CHILI CHEESE BURRITO

 

INGREDIENTS

  • 1 pound lean ground beef
  • 1/4 cup finely chopped onion
  • 1 can (6 oz.) tomato paste
  • 2 teaspoons distilled white vinegar
  • 1/4 cup chili powder
  • 2 teaspoons salt
  • 1 teaspoon garlic powder
  • 1/2 teaspoon cayenne pepper
  • 2 tablespoons jarred jalapeño slices, minced
  • 2 1/4 cups water
  • 1 can (16 oz.) refried beans
  • 1 tablespoon cornstarch
  • 1/4 cup cold water
  • 2 cups (8 oz.) Cheddar cheese, shredded
  • 8 large burrito-sized tortillas, warmed

ADDITIONAL INGREDIENTS FOR SERVING

  • Finely chopped onion, cheddar cheese

INSTRUCTIONS

  1. In a large skillet over medium-high heat, brown and crumble the ground beef with the onion until the beef is no longer pink.
  2. To the skillet, add the tomato paste, vinegar, chili powder, salt, garlic powder, cayenne pepper, jalapeño, and 2¼ cups water.
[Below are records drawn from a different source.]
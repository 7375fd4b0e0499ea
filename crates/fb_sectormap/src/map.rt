// The map between LBNs and places.
ghost use Rattle.std.specs.Prelude.{◌≡◌, ℕ, ◌+◌, ◌<◌, ◌≤◌, ◌^◌, length, map, IfOk, MatchOption};
ghost use Rattle.fb_geometry.specs.Shape.{slots_at, cylinders_of, turn_position, IsTrackOf};
ghost use Rattle.fb_geometry.specs.Places.{places};
ghost use Rattle.fb_sectormap.specs.LookUp.{IsAt, place_at, track_at, neighbour};
ghost use Rattle.fb_sectormap.specs.Runs.{IsRun};
ghost use Rattle.fb_sectormap.specs.Cylinders.{IsFirstOf, CylindersRise, IsSectorOf, TellsSector, TellsFirst};

use crate::CylinderRun;
use crate::numbering::{CylinderSector, ZoneStart};
use fb_geometry::{Geometry, Stretch};
use fb_units::{NoMemory, Place, Track};
use std::alloc::Global;
use std::marker::Model;

/// Which place each sector of a disk has. Sectors are numbered cylinder by cylinder; this is their
/// LBN, counted from 0.
#[derive(Drop)]
pub struct SectorMap {
    geometry: Geometry,
    starts: Vec<ZoneStart>,
    sectors: u64,
}

impl Model for SectorMap {
    ghost use Rattle.fb_geometry.specs.Shape.{Shape};
    ghost use Rattle.fb_sectormap.specs.Cylinders.{IsMapped};

    ghost Value = { Shape };

    ghost view = { λ m. m.geometry };

    ghost invariant = { λ m. IsMapped m.geometry m.starts.items m.sectors };
}

impl SectorMap {
    /// The map of a disk. Its only error is `NoMemory`.
    #[tactic(auto, using(crate::proofs::Making::all_made))]
    pub fn new(alloc: Global, geometry: Geometry) -> Result<SectorMap, NoMemory>
        ensures { IfOk result (λ map. map ≡ geometry) }
    {
        geometry.sound();
        let mut starts = Vec::new(alloc);
        let mut sectors = 0;
        for i in 0..geometry.zones() {
            let zone = geometry.zone(i);
            let start = ZoneStart {
                cylinder: zone.first,
                lbn: sectors,
                cylinder_sectors: geometry.cylinder_sectors(zone.first),
            };
            starts.push(start)?;
            sectors = start.first_of(zone.last + 1);
        }
        Ok(SectorMap {
            geometry,
            starts,
            sectors,
        })
    }

    /// The geometry that the map was made from.
    pub fn geometry(&self) -> &Geometry
        ensures { result.now ≡ self.now }
    {
        &self.geometry
    }

    /// The number of sectors of the disk.
    #[tactic(auto, using(crate::proofs::ByCylinder::count_few))]
    pub fn count(&self) -> u64
        ensures value { result ≡ length (places self.now) }
        ensures bound { result ≤ 10 ^ 12 }
    {
        self.sectors
    }

    /// The place of a sector.
    pub fn place(&self, lbn: u64) -> Place
        requires { lbn < length (places self.now) }
        ensures at { IsAt self.now lbn result }
        ensures value { result ≡ place_at self.now lbn }
        ensures track { IsTrackOf self.now result.track }
        ensures slot { result.slot < slots_at self.now.zones result.track.cylinder }
    {
        let at = self.by_cylinder(lbn);
        self.geometry.sector_place(at.cylinder, at.sector)
    }

    /// The place of a sector, and how many sectors from it on are in neighbouring slots of its
    /// track.
    ///
    /// They come by directly one after another in one turn of the track. There may be more such
    /// sectors behind them.
    pub fn stretch(&self, lbn: u64) -> Stretch
        requires { lbn < length (places self.now) }
        ensures some { 0 < result.count }
        ensures on_disk { lbn + result.count ≤ length (places self.now) }
        ensures first { result.place ≡ place_at self.now lbn }
        ensures track { IsTrackOf self.now result.place.track }
        ensures slot { result.place.slot < slots_at self.now.zones result.place.track.cylinder }
        ensures next { (i : ℕ) → i < result.count → place_at self.now (lbn + i) ≡ neighbour self.now result.place i }
        ensures one_turn { turn_position self.now result.place + result.count ≤ slots_at self.now.zones result.place.track.cylinder }
    {
        let at = self.by_cylinder(lbn);
        self.geometry.stretch(at.cylinder, at.sector)
    }

    /// All sectors of the cylinder of a sector, for the places of many of them.
    pub fn run_of(&self, lbn: u64) -> CylinderRun
        requires { lbn < length (places self.now) }
        ensures run { IsRun self.now result }
        ensures cylinder { result.on.number ≡ (track_at self.now lbn).cylinder }
        ensures from { result.first ≤ lbn }
        ensures before { lbn < result.end }
    {
        let at = self.by_cylinder(lbn);
        let first = lbn - at.sector as u64;
        CylinderRun {
            on: self.geometry.cylinder(at.cylinder),
            first,
            end: first + self.geometry.cylinder_sectors(at.cylinder) as u64,
        }
    }

    /// The place of a sector of a run.
    pub fn place_in(&self, run: &CylinderRun, lbn: u64) -> Place
        requires run { IsRun self.now run.now }
        requires from { run.now.first ≤ lbn }
        requires before { lbn < run.now.end }
        ensures value { result ≡ place_at self.now lbn }
        ensures cylinder { result.track.cylinder ≡ run.now.on.number }
        ensures track { IsTrackOf self.now result.track }
        ensures slot { result.slot < slots_at self.now.zones result.track.cylinder }
        ensures on_disk { lbn < length (places self.now) }
    {
        self.geometry.place_on(&run.on, (lbn - run.first) as u32)
    }

    /// The LBN of the sector in a slot. None if the slot holds no data.
    pub fn lbn_at(&self, track: Track, slot: u32) -> Option<u64>
        requires cylinder { track.cylinder < cylinders_of self.now.zones }
        requires head { track.head < self.now.heads }
        requires slot { slot < slots_at self.now.zones track.cylinder }
        ensures found { MatchOption result
            ((lbn : ℕ) → IsAt self.now lbn (record { track = track; slot = slot }) → ⊥)
            (λ lbn. IsAt self.now lbn (record { track = track; slot = slot })) }
    {
        let sector = self.geometry.sector_of_slot(track, slot)?;
        Some(self.first_of(track.cylinder) + sector as u64)
    }

    /// The first sector of a cylinder.
    pub fn first_of(&self, cylinder: u32) -> u64
        requires { cylinder < cylinders_of self.now.zones }
        ensures { IsFirstOf self.now cylinder result }
    {
        self.start_by_cylinder(cylinder).first_of(cylinder)
    }

    /// The cylinders of sectors rise with their LBNs.
    pub fn cylinders_rise(&self)
        ensures { CylindersRise self.now }
    {
        let _geometry = &self.geometry;
    }

    // A disk has at most 10^12 sectors.
    pub(crate) fn few_sectors(&self)
        ensures { length (places self.now) ≤ 10 ^ 12 }
    {
        let _geometry = &self.geometry;
    }

    // The cylinder of a sector, and which of the cylinder's sectors it is.
    fn by_cylinder(&self, lbn: u64) -> CylinderSector
        requires { lbn < length (places self.now) }
        ensures { IsSectorOf self.now result.cylinder result.sector lbn }
    {
        self.start_by_lbn(lbn).sector(lbn)
    }

    // The start of the zone that holds a sector.
    fn start_by_lbn(&self, lbn: u64) -> ZoneStart
        requires { lbn < length (places self.now) }
        ensures { TellsSector self.now result lbn }
    {
        let starts = self.starts.as_slice();
        starts[starts.partition_point(|start| start.lbn <= lbn) - 1]
    }

    // The start of the zone of a cylinder.
    fn start_by_cylinder(&self, cylinder: u32) -> ZoneStart
        requires { cylinder < cylinders_of self.now.zones }
        ensures { TellsFirst self.now result cylinder }
    {
        let starts = self.starts.as_slice();
        starts[starts.partition_point(|start| start.cylinder <= cylinder) - 1]
    }
}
Bring to a boil over medium-high heat and cook until the liquid is reduced by half, about 8-10 minutes. Carefully stir in the refried beans and continue to cook, stirring frequently, for 4 minutes.
  3. In a small bowl, add the cornstarch with ¼ cup of cold water and mix well. Immediately pour into the skillet with the beef mixture and stir until the mixture becomes thick.
  4. Remove the skillet from the heat and immediately stir in the 2 cups of cheese.
  5. To serve: Spoon ¾-1 cup of the chili mixture onto the middle of each tortilla. Top with additional onion and cheese, if desired. Roll up tortilla burrito-style and serve immediately.